DATA FOR THE TASK section start

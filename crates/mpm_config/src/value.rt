//! What the value of a directive spells: numbers, switches, addresses and names.
ghost use Rattle.std.specs.Prelude.{◌≡◌, ◌==◌, ◌<◌, ◌≤◌, ◌^◌, IfSome};
ghost use Rattle.mpm_base.specs.Digits.{number_in_digits};
ghost use Rattle.mpm_config.specs.Range.{millisecond_range, octet_range, port_range, number_in, IsAllowed, IsNumberIn};
ghost use Rattle.mpm_config.specs.RangeInside.{IsWellFormed};
ghost use Rattle.mpm_config.specs.Value.{address, decimals, hundredths, is_file, is_folder, is_log, is_short, milliseconds, number, number_of, octets, switch, tags_of_value};

use crate::directive::Quantity;
use crate::range::{
    ASYNC_REQUEST_WORKER_FACTOR, KEEP_ALIVE_MILLISECONDS, KEEP_ALIVE_TIMEOUT, NumberRange, OCTET,
    PORT,
};
use conf_text::around;
use mpm_base::{Addr, is_same_ignoring_case, number_in_digits};

/// The number of 1 to `most` decimal digits.
fn whole(value: &[u8], most: usize) -> Option<u32>
    requires { most ≤ 9 }
    ensures value { result ≡ number_in_digits most value.now }
    ensures bound { IfSome result (λ n. n < 10 ^ most) }
{
    let n = number_in_digits(value, most)?;
    Some(n as u32)
}

impl NumberRange {
    /// What a number is kept as, where it is in the range.
    pub fn keep(self, n: u32) -> Option<u32>
        requires { IsWellFormed self }
        ensures value { result ≡ number_in self n }
        ensures kept { IfSome result (IsNumberIn self) }
    {
        if n < self.least || n > self.greatest {
            return None;
        }
        let taken = if n == 0 { self.zero } else { n };
        Some(taken * self.unit)
    }

    /// A whole number in the range.
    pub fn number(self, value: &[u8]) -> Option<u32>
        requires { IsWellFormed self }
        ensures value { result ≡ number self value.now }
        ensures kept { IfSome result (IsNumberIn self) }
    {
        self.keep(whole(value, 9)?)
    }
}

/// The decimals after a point, as hundredths: one or two digits.
fn decimals(value: &[u8]) -> Option<u32>
    ensures value { result ≡ decimals value.now }
    ensures bound { IfSome result (λ n. n < 1000) }
{
    let n = whole(value, 2)?;
    if value.len() == 1 {
        Some(10 * n)
    } else {
        Some(n)
    }
}

/// A number of hundredths: one to three digits, or these, a point and one or two digits.
fn hundredths(value: &[u8]) -> Option<u32>
    ensures { result ≡ hundredths value.now }
{
    match around(value, b'.') {
        Some((before, after)) => {
            let ones = whole(before, 3)?;
            Some(100 * ones + decimals(after)?)
        }
        None => Some(100 * whole(value, 3)?),
    }
}

/// Milliseconds: a number that ends in `ms`, or else a number of seconds.
fn milliseconds(value: &[u8]) -> Option<u32>
    ensures value { result ≡ milliseconds value.now }
    ensures kept { IfSome result (IsNumberIn millisecond_range) }
{
    match value.strip_suffix(b"ms") {
        Some(front) => KEEP_ALIVE_MILLISECONDS.number(front),
        None => KEEP_ALIVE_TIMEOUT.number(value),
    }
}

/// On or Off, in which case does not count.
pub fn switch(value: &[u8]) -> Option<bool>
    ensures { result ≡ switch value.now }
{
    if is_same_ignoring_case(value, b"On") {
        Some(true)
    } else if is_same_ignoring_case(value, b"Off") {
        Some(false)
    } else {
        None
    }
}

/// Whether files have tags: Digest or None, in which case does not count.
pub fn tags_of_value(value: &[u8]) -> Option<bool>
    ensures { result ≡ tags_of_value value.now }
{
    if is_same_ignoring_case(value, b"Digest") {
        Some(true)
    } else if is_same_ignoring_case(value, b"None") {
        Some(false)
    } else {
        None
    }
}

/// A part of an address.
fn octet(value: &[u8]) -> Option<u8>
    ensures { result ≡ number octet_range value.now }
{
    let n = OCTET.number(value)?;
    Some(n as u8)
}

/// A port.
pub fn port(value: &[u8]) -> Option<u16>
    ensures { result ≡ number port_range value.now }
{
    let n = PORT.number(value)?;
    Some(n as u16)
}

/// The four parts of an address, with a point between them.
fn octets(value: &[u8]) -> Option<[u8; 4]>
    ensures { result ≡ octets value.now }
{
    let (first, rest) = around(value, b'.')?;
    let (second, rest) = around(rest, b'.')?;
    let (third, fourth) = around(rest, b'.')?;
    Some([octet(first)?, octet(second)?, octet(third)?, octet(fourth)?])
}

/// A port, or an address, a colon and a port. Without an address it is that of this machine alone.
pub fn address(value: &[u8]) -> Option<Addr>
    ensures { result ≡ address value.now }
{
    match around(value, b':') {
        Some((host, after)) => {
            let host = octets(host)?;
            Some(Addr {
                host,
                port: port(after)?,
            })
        }
        None => Some(Addr {
            host: [127, 0, 0, 1],
            port: port(value)?,
        }),
    }
}

/// Whether these are 1 to 255 bytes.
fn is_short(value: &[u8]) -> bool
    ensures { result ≡ is_short value.now }
{
    1 <= value.len() && value.len() <= 255
}

/// Whether this may name the folder of the files: 1 to 255 bytes without a `/` at the ends.
pub fn is_folder(value: &[u8]) -> bool
    ensures { result ≡ is_folder value.now }
{
    is_short(value) && value[0] != b'/' && value[value.len() - 1] != b'/'
}

/// Whether this may name a folder's own file: 1 to 255 bytes without a `/`.
pub fn is_file(value: &[u8]) -> bool
    ensures { result ≡ is_file value.now }
{
    is_short(value) && !value.contains(&b'/')
}

/// Whether this may name a log: 1 to 255 bytes that don't begin with a `|`, which would be the name of a program.
pub fn is_log(value: &[u8]) -> bool
    ensures { result ≡ is_log value.now }
{
    is_short(value) && value[0] != b'|'
}

impl Quantity {
    /// The number that a value spells.
    pub fn read(self, value: &[u8]) -> Option<u32>
        ensures value { result ≡ number_of self value.now }
        ensures allowed { IfSome result (IsAllowed self) }
    {
        match self {
            Quantity::AsyncRequestWorkerFactor => {
                ASYNC_REQUEST_WORKER_FACTOR.keep(hundredths(value)?)
            }
            Quantity::KeepAliveTimeout => milliseconds(value),
            _ => self.range().number(value),
        }
    }
}
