//! The table of numbers: of each directive whose value is a number, its default, its least and greatest
//! value, and the unit in which it is written. The definition has the same numbers (`specs/Range.antt`).
ghost use Rattle.std.specs.Prelude.{◌≡◌};

use crate::directive::Quantity;

/// The numbers that a value may be.
#[derive(Clone, Copy, Debug, PartialEq, Eq)]
pub struct NumberRange {
    /// What stands where no line names the directive.
    pub default: u32,
    /// The least number that may be written.
    pub least: u32,
    /// The greatest number that may be written.
    pub greatest: u32,
    /// What a written 0 is taken as; 0 where it means nothing else.
    pub zero: u32,
    /// What a written 1 is kept as: 1,000 for seconds that are kept in milliseconds, else 1.
    pub unit: u32,
}

/// The greatest whole number: nine digits.
pub const WHOLE: u32 = 999_999_999;

/// Any whole number, kept as it is written, 0 by default. What a line of the table has otherwise stands there.
const ANY_WHOLE: NumberRange = NumberRange {
    default: 0,
    least: 0,
    greatest: WHOLE,
    zero: 0,
    unit: 1,
};

pub const SERVER_LIMIT: NumberRange = NumberRange {
    default: 16,
    least: 1,
    greatest: 32,
    ..ANY_WHOLE
};

pub const THREAD_LIMIT: NumberRange = NumberRange {
    default: 64,
    least: 1,
    greatest: 64,
    ..ANY_WHOLE
};

pub const START_SERVERS: NumberRange = NumberRange {
    default: 3,
    ..ANY_WHOLE
};

pub const MIN_SPARE_THREADS: NumberRange = NumberRange {
    default: 75,
    ..ANY_WHOLE
};

pub const MAX_SPARE_THREADS: NumberRange = NumberRange {
    default: 250,
    ..ANY_WHOLE
};

pub const THREADS_PER_CHILD: NumberRange = NumberRange {
    default: 25,
    ..ANY_WHOLE
};

pub const MAX_REQUEST_WORKERS: NumberRange = NumberRange {
    default: 400,
    ..ANY_WHOLE
};

pub const MAX_CONNECTIONS_PER_CHILD: NumberRange = ANY_WHOLE;
/// In hundredths.
pub const ASYNC_REQUEST_WORKER_FACTOR: NumberRange = NumberRange {
    default: 200,
    least: 1,
    greatest: 10_000,
    ..ANY_WHOLE
};

/// In seconds.
pub const TIMEOUT: NumberRange = NumberRange {
    default: 60,
    least: 1,
    greatest: 65_535,
    unit: 1_000,
    ..ANY_WHOLE
};

/// In seconds.
pub const REQUEST_READ_TIMEOUT: NumberRange = NumberRange {
    greatest: 65_535,
    unit: 1_000,
    ..ANY_WHOLE
};

/// In seconds.
pub const KEEP_ALIVE_TIMEOUT: NumberRange = NumberRange {
    default: 5,
    least: 1,
    greatest: 65_535,
    unit: 1_000,
    ..ANY_WHOLE
};

/// The same directive where its value ends in `ms`, in milliseconds.
pub const KEEP_ALIVE_MILLISECONDS: NumberRange = NumberRange {
    default: 5_000,
    least: 1,
    greatest: 65_535_000,
    ..ANY_WHOLE
};

pub const MAX_KEEP_ALIVE_REQUESTS: NumberRange = NumberRange {
    default: 100,
    zero: 65_535,
    ..ANY_WHOLE
};

/// In seconds.
pub const GRACEFUL_SHUTDOWN_TIMEOUT: NumberRange = NumberRange {
    greatest: 65_535,
    unit: 1_000,
    ..ANY_WHOLE
};

/// In bytes.
pub const LIMIT_REQUEST_LINE: NumberRange = NumberRange {
    default: 8_190,
    least: 1,
    greatest: 65_000,
    ..ANY_WHOLE
};

/// In bytes, with the name of the field and without the line end.
pub const LIMIT_REQUEST_FIELD_SIZE: NumberRange = NumberRange {
    default: 8_190,
    least: 1,
    greatest: 65_000,
    ..ANY_WHOLE
};

pub const LIMIT_REQUEST_FIELDS: NumberRange = NumberRange {
    default: 100,
    greatest: 1_000,
    zero: 1_000,
    ..ANY_WHOLE
};

/// A port.
pub const PORT: NumberRange = NumberRange {
    default: 8_080,
    least: 1,
    greatest: 65_535,
    ..ANY_WHOLE
};

/// A part of an IPv4 address.
pub const OCTET: NumberRange = NumberRange {
    greatest: 255,
    ..ANY_WHOLE
};

impl Quantity {
    ghost use Rattle.mpm_config.specs.Range.{range_of};

    /// The line of the table.
    pub fn range(self) -> NumberRange
        ensures { result ≡ range_of self }
    {
        match self {
            Quantity::ServerLimit => SERVER_LIMIT,
            Quantity::ThreadLimit => THREAD_LIMIT,
            Quantity::StartServers => START_SERVERS,
            Quantity::MinSpareThreads => MIN_SPARE_THREADS,
            Quantity::MaxSpareThreads => MAX_SPARE_THREADS,
            Quantity::ThreadsPerChild => THREADS_PER_CHILD,
            Quantity::MaxRequestWorkers => MAX_REQUEST_WORKERS,
            Quantity::MaxConnectionsPerChild => MAX_CONNECTIONS_PER_CHILD,
            Quantity::AsyncRequestWorkerFactor => ASYNC_REQUEST_WORKER_FACTOR,
            Quantity::Timeout => TIMEOUT,
            Quantity::RequestReadTimeout => REQUEST_READ_TIMEOUT,
            Quantity::KeepAliveTimeout => KEEP_ALIVE_TIMEOUT,
            Quantity::MaxKeepAliveRequests => MAX_KEEP_ALIVE_REQUESTS,
            Quantity::GracefulShutdownTimeout => GRACEFUL_SHUTDOWN_TIMEOUT,
            Quantity::LimitRequestLine => LIMIT_REQUEST_LINE,
            Quantity::LimitRequestFieldSize => LIMIT_REQUEST_FIELD_SIZE,
            Quantity::LimitRequestFields => LIMIT_REQUEST_FIELDS,
        }
    }
}
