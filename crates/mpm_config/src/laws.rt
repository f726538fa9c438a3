//! Laws of the language, which say in its own words what the definitions come to. The functions do nothing:
//! each is there for what it ensures.
ghost use Rattle.std.specs.Prelude.{◌≡◌, ℕ, true, List, [], ◌∷◌, ◌++◌, Ok, Err, IfOk, IfErr};
ghost use Rattle.std.specs.Str.Lines.{lines};
ghost use Rattle.mpm_config.specs.Correction.{after_corrections};
ghost use Rattle.conf_text.specs.Line.{logical_lines, Line, Rise};
ghost use Rattle.mpm_config.specs.Numbers.{IsInRange};
ghost use Rattle.mpm_config.specs.Reading.{after_line, after_lines, and_then, config_of, hides, settings_of, IsAtLine, Progress, ReplacesInHost, SetsNothing};
ghost use Rattle.mpm_config.specs.TypeLaws.{HavePrintable};
ghost use Rattle.mpm_config.specs.Settings.{with_setting, HostSettings, IsSameDirective, Settings};
ghost use Rattle.mpm_base.specs.Shape.{is_in_bounds};
ghost use Rattle.mpm_config.specs.Shape.{shape_of_numbers};
ghost use Rattle.mpm_config.specs.declared.fault.ConfFault.{ConfFault};
ghost use Rattle.mpm_config.specs.declared.numbers.Numbers.{Numbers};
ghost use Rattle.mpm_config.specs.declared.setting.Setting.{Setting};

/// A later setting of a directive replaces an earlier one, outside of the sections of hosts and in one of them.
pub fn later_settings_replace()
    ensures outer { (s : Settings) (v w : List ℕ) (a b : Setting) → IsSameDirective a b
        → with_setting (with_setting s v a) w b ≡ with_setting s w b }
    ensures host { (h : HostSettings) (v w : List ℕ) (a b : Setting) → IsSameDirective a b
        → ReplacesInHost h v w a b }
{}

/// A line in a part that is skipped sets nothing, neither outside of the sections of hosts nor in one of them.
pub fn skipped_lines_set_nothing()
    ensures { (p : Progress) (l : Line) → hides p.sections ≡ true
        → IfOk (after_line p l) (SetsNothing p) }
{}

/// The lines of a text are numbered upwards from 1, a line is refused by its own number, and the first line that
/// is refused decides, whatever follows it.
pub fn first_refusal_decides()
    ensures upwards { (text : List ℕ) → Rise 1 (logical_lines text) }
    ensures own { (p : Progress) (l : Line) → IfErr (after_line p l) (IsAtLine l.number) }
    ensures first { (p q : Progress) (before later : List Line) (l : Line) (e : ConfFault)
        → after_lines p before ≡ Ok q → after_line q l ≡ Err e
        → settings_of p (before ++ l ∷ later) ≡ Err e }
{}

/// Numbers in their ranges are, once they are corrected, those of a shape in its bounds.
pub fn corrected_numbers_are_in_bounds()
    ensures { (n : Numbers) → IsInRange n
        → is_in_bounds (shape_of_numbers (after_corrections n)) ≡ true }
{}

/// No type that a text adds, and no character set that it names, has a byte by which a line could end: so none of them ends a line of a
/// response.
pub fn configured_types_are_printable()
    ensures { (text : List ℕ) → IfOk (config_of text) (λ read. HavePrintable read.config.types) }
{}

DATA FOR THE TASK section end

| WHAT TO DO |
Within the material above, the line with "pub const OCTET: NumberRange" opens the range and the line with "repository f726538fa9c438a3" closes it; reproduce that range word for word.

| TASK OUTPUT |
pub const OCTET: NumberRange = NumberRange {
    greatest: 255,
    ..ANY_WHOLE
};

impl Quantity {
    ghost use Rattle.mpm_config.specs.Range.{range_of};

    /// The line of the table.
    pub fn range(self) -> NumberRange
        ensures { result ≡ range_of self }
    {
        match self {
            Quantity::ServerLimit => SERVER_LIMIT,
            Quantity::ThreadLimit => THREAD_LIMIT,
            Quantity::StartServers => START_SERVERS,
            Quantity::MinSpareThreads => MIN_SPARE_THREADS,
            Quantity::MaxSpareThreads => MAX_SPARE_THREADS,
            Quantity::ThreadsPerChild => THREADS_PER_CHILD,
            Quantity::MaxRequestWorkers => MAX_REQUEST_WORKERS,
            Quantity::MaxConnectionsPerChild => MAX_CONNECTIONS_PER_CHILD,
            Quantity::AsyncRequestWorkerFactor => ASYNC_REQUEST_WORKER_FACTOR,
            Quantity::Timeout => TIMEOUT,
            Quantity::RequestReadTimeout => REQUEST_READ_TIMEOUT,
            Quantity::KeepAliveTimeout => KEEP_ALIVE_TIMEOUT,
            Quantity::MaxKeepAliveRequests => MAX_KEEP_ALIVE_REQUESTS,
            Quantity::GracefulShutdownTimeout => GRACEFUL_SHUTDOWN_TIMEOUT,
            Quantity::LimitRequestLine => LIMIT_REQUEST_LINE,
            Quantity::LimitRequestFieldSize => LIMIT_REQUEST_FIELD_SIZE,
            Quantity::LimitRequestFields => LIMIT_REQUEST_FIELDS,
        }
    }
}
filename crates/mpm_config/src/laws.rt
repository f726538fa9c438a3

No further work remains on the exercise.